• _SOURCE INFORMATION_:
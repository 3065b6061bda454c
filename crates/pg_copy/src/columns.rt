//! The columns of a COPY.
ghost use Rattle.std.specs.List.{AllZip};
ghost use Rattle.std.specs.Prelude.{◌≡◌, IfErr, IfOk, option_map, string_bytes};
ghost use Rattle.pg_copy.specs.ColumnTypes.{IsColumnFault, IsColumnOf, IsFieldFault, IsFieldNamed, IsFieldOf};
ghost use Rattle.pg_copy.specs.ColumnTypes.{IsFieldsFault, IsNameFault, IsTyped};
ghost use Rattle.pg_copy.specs.Types.{types_of, user_defined};
ghost use Rattle.pg_copy.specs.Words.{pieces};
ghost use Rattle.pg_copy.specs.declared.columns.TypeFault.TheVariants.{Memory};
ghost use Rattle.pg_types.specs.Content.{UserDefinedType, content, kind_content};

use crate::type_names::{TypeName, after_field_name, split_at_comma};
use crate::types::{Base, base_types};
use postgres_types::{Kind, Oid, Type};
use std::alloc::{AllocError, AllocFailed, Global};

/// A column of a COPY. Its values, and the elements of its arrays, may be NULL.
#[derive(Debug, Drop)]
pub struct Column {
    /// The type of its values, or of the elements of its arrays.
    pub base: Base,
    /// Whether its values are arrays.
    pub is_array: bool,
    /// The Postgres type of its values; for a composite type, and for arrays of it, BYTEA.
    pub ty: Type,
    /// The fields of a composite type; another type has none.
    pub fields: Vec<Field>,
}

/// A field of a composite type, whose values may be NULL.
#[derive(Debug, Drop)]
pub struct Field {
    /// The type of its values, or of the elements of its arrays.
    pub base: Base,
    /// Whether its values are arrays.
    pub is_array: bool,
    /// The Postgres type of its values.
    pub ty: Type,
}

/// Why a type cannot be that of a column.
#[derive(Debug, Clone, Copy, PartialEq, Eq)]
pub enum TypeFault {
    /// It has no conversion.
    Unknown,
    /// It is a composite type within another.
    Nested,
    /// An allocation failed.
    Memory,
}

impl From<AllocError> for TypeFault {
    ghost from_gives = { λ _ fault. fault ≡ Memory };

    fn from(_error: AllocError) -> TypeFault {
        TypeFault::Memory
    }
}

impl<T: Drop> From<AllocFailed<T>> for TypeFault {
    ghost from_gives = { λ _ fault. fault ≡ Memory };

    fn from(_error: AllocFailed<T>) -> TypeFault {
        TypeFault::Memory
    }
}

// The Postgres types of a type of the table: its own, and that of its arrays.
macro_rules! types {
    (($of:expr, $alloc:ident) $($base:ident $names:tt $types:tt,)*) => {
        match $of {
            $(Base::$base => row_types!($alloc $types),)*
            Base::Composite => Ok((Type::BYTEA, None)),
        }
    };
}

// The Postgres types of a row.
macro_rules! row_types {
    ($alloc:ident [$rust:ty, user $name:literal]) => {
        user_defined_types($alloc, "public", $name, 0, 0)
    };
    ($alloc:ident [$rust:ty, catalog $name:literal $own:literal $arrays:literal]) => {
        user_defined_types($alloc, "pg_catalog", $name, $own, $arrays)
    };
    ($alloc:ident [$rust:ty, $own:ident]) => {
        Ok((Type::$own, None))
    };
    ($alloc:ident [$rust:ty, $own:ident, $arrays:ident]) => {
        Ok((Type::$own, Some(Type::$arrays)))
    };
}

/// Creates a type that is not built in, and that of its arrays. The OIDs of a type that an extension
/// or a user made are unknown, and set to 0, which no type has: from version 14 on, servers check an
/// OID in a cell only if it is that of a built-in type (`array_recv`, `record_recv`).
fn user_defined_types(
    alloc: Global,
    schema: &str,
    name: &str,
    oid: Oid,
    array_oid: Oid,
) -> Result<(Type, Option<Type>), AllocError>
    ensures { IfOk result (λ types. (content types.0, option_map content types.1)
        ≡ user_defined schema.now name.now oid array_oid) }
{
    let own = user_defined_type(
        alloc,
        schema,
        String::from_str(alloc, name)?,
        oid,
        Kind::Simple,
    )?;
    let mut array_name = String::from_str(alloc, "_")?;
    array_name.push_str(name)?;
    let arrays = user_defined_type(
        alloc,
        schema,
        array_name,
        array_oid,
        Kind::Array(own.clone()?),
    )?;
    Ok((own, Some(arrays)))
}

/// Creates a type of the schema.
fn user_defined_type(
    alloc: Global,
    schema: &str,
    name: String,
    oid: Oid,
    kind: Kind,
) -> Result<Type, AllocError>
    ensures { IfOk result (λ ty. content ty
        ≡ UserDefinedType (string_bytes name) oid (kind_content kind) schema.now) }
{
    let schema = String::from_str(alloc, schema)?;
    Type::new(alloc, name, oid, kind, schema).map_err(|_| AllocError)
}

/// Returns the Postgres types of a type of the table: its own, and that of its arrays, if there are
/// any.
fn types_of(alloc: Global, base: Base) -> Result<(Type, Option<Type>), AllocError>
    ensures { IfOk result (λ types. (content types.0, option_map content types.1) ≡ types_of base) }
{
    base_types!(types(base, alloc))
}

impl Field {
    /// Creates a field of this type.
    fn parse(alloc: Global, name: TypeName<'_>) -> Result<Field, TypeFault>
        ensures ok { IfOk result (IsFieldNamed name.entry.name.now name.entry.is_array) }
        ensures err { IfErr result (IsNameFault name.entry.name.now name.entry.is_array) }
    {
        let Some(base) = name.base(alloc)? else {
            return Err(TypeFault::Unknown);
        };
        let (own, arrays) = types_of(alloc, base)?;
        let is_array = name.is_array;
        let ty = if is_array { arrays } else { Some(own) };
        match ty {
            Some(ty) => Ok(Field { base, is_array, ty }),
            None => Err(TypeFault::Unknown),
        }
    }
}

/// Parses a field of a composite type, which is a name and a type.
fn parse_field(alloc: Global, text: &str) -> Result<Field, TypeFault>
    ensures ok { IfOk result (IsFieldOf text.now) }
    ensures err { IfErr result (IsFieldFault text.now) }
{
    let Some(ty) = after_field_name(text) else {
        return Err(TypeFault::Unknown);
    };
    let name = TypeName::parse(ty);
    match name.fields() {
        Some(_) => Err(TypeFault::Nested),
        None => Field::parse(alloc, name),
    }
}

/// Parses the fields of a composite type, which have commas between them.
fn parse_fields(alloc: Global, text: &str) -> Result<Vec<Field>, TypeFault>
    ensures ok { IfOk result (λ fields. AllZip IsFieldOf (pieces text.now) fields.items) }
    ensures err { IfErr result (IsFieldsFault (pieces text.now)) }
{
    let mut fields = Vec::new(alloc);
    let mut rest = Some(text);
    while let Some(text) = rest {
        let (field, after) = split_at_comma(text);
        fields.push(parse_field(alloc, field)?)?;
        rest = after;
    }
    Ok(fields)
}

impl Column {
    /// Creates a column of the type with this name.
    pub fn parse(alloc: Global, text: &str) -> Result<Column, TypeFault>
        ensures ok { IfOk result (IsColumnOf text.now) }
        ensures typed { IfOk result IsTyped }
        ensures err { IfErr result (IsColumnFault text.now) }
    {
        let name = TypeName::parse(text);
        if let Some(fields) = name.fields() {
            return Ok(Column {
                base: Base::Composite,
                is_array: name.is_array,
                ty: Type::BYTEA,
                fields: parse_fields(alloc, fields)?,
            });
        }
        let Field { base, is_array, ty } = Field::parse(alloc, name)?;
        Ok(Column {
            base,
            is_array,
            ty,
            fields: Vec::new(alloc),
        })
    }
}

• _REQUIREMENT_: Show all lines above that contain "IsColumnOf".

• _ANSWER BOX_:
ghost use Rattle.pg_copy.specs.ColumnTypes.{IsColumnFault, IsColumnOf, IsFieldFault, IsFieldNamed, IsFieldOf};
        ensures ok { IfOk result (IsColumnOf text.now) }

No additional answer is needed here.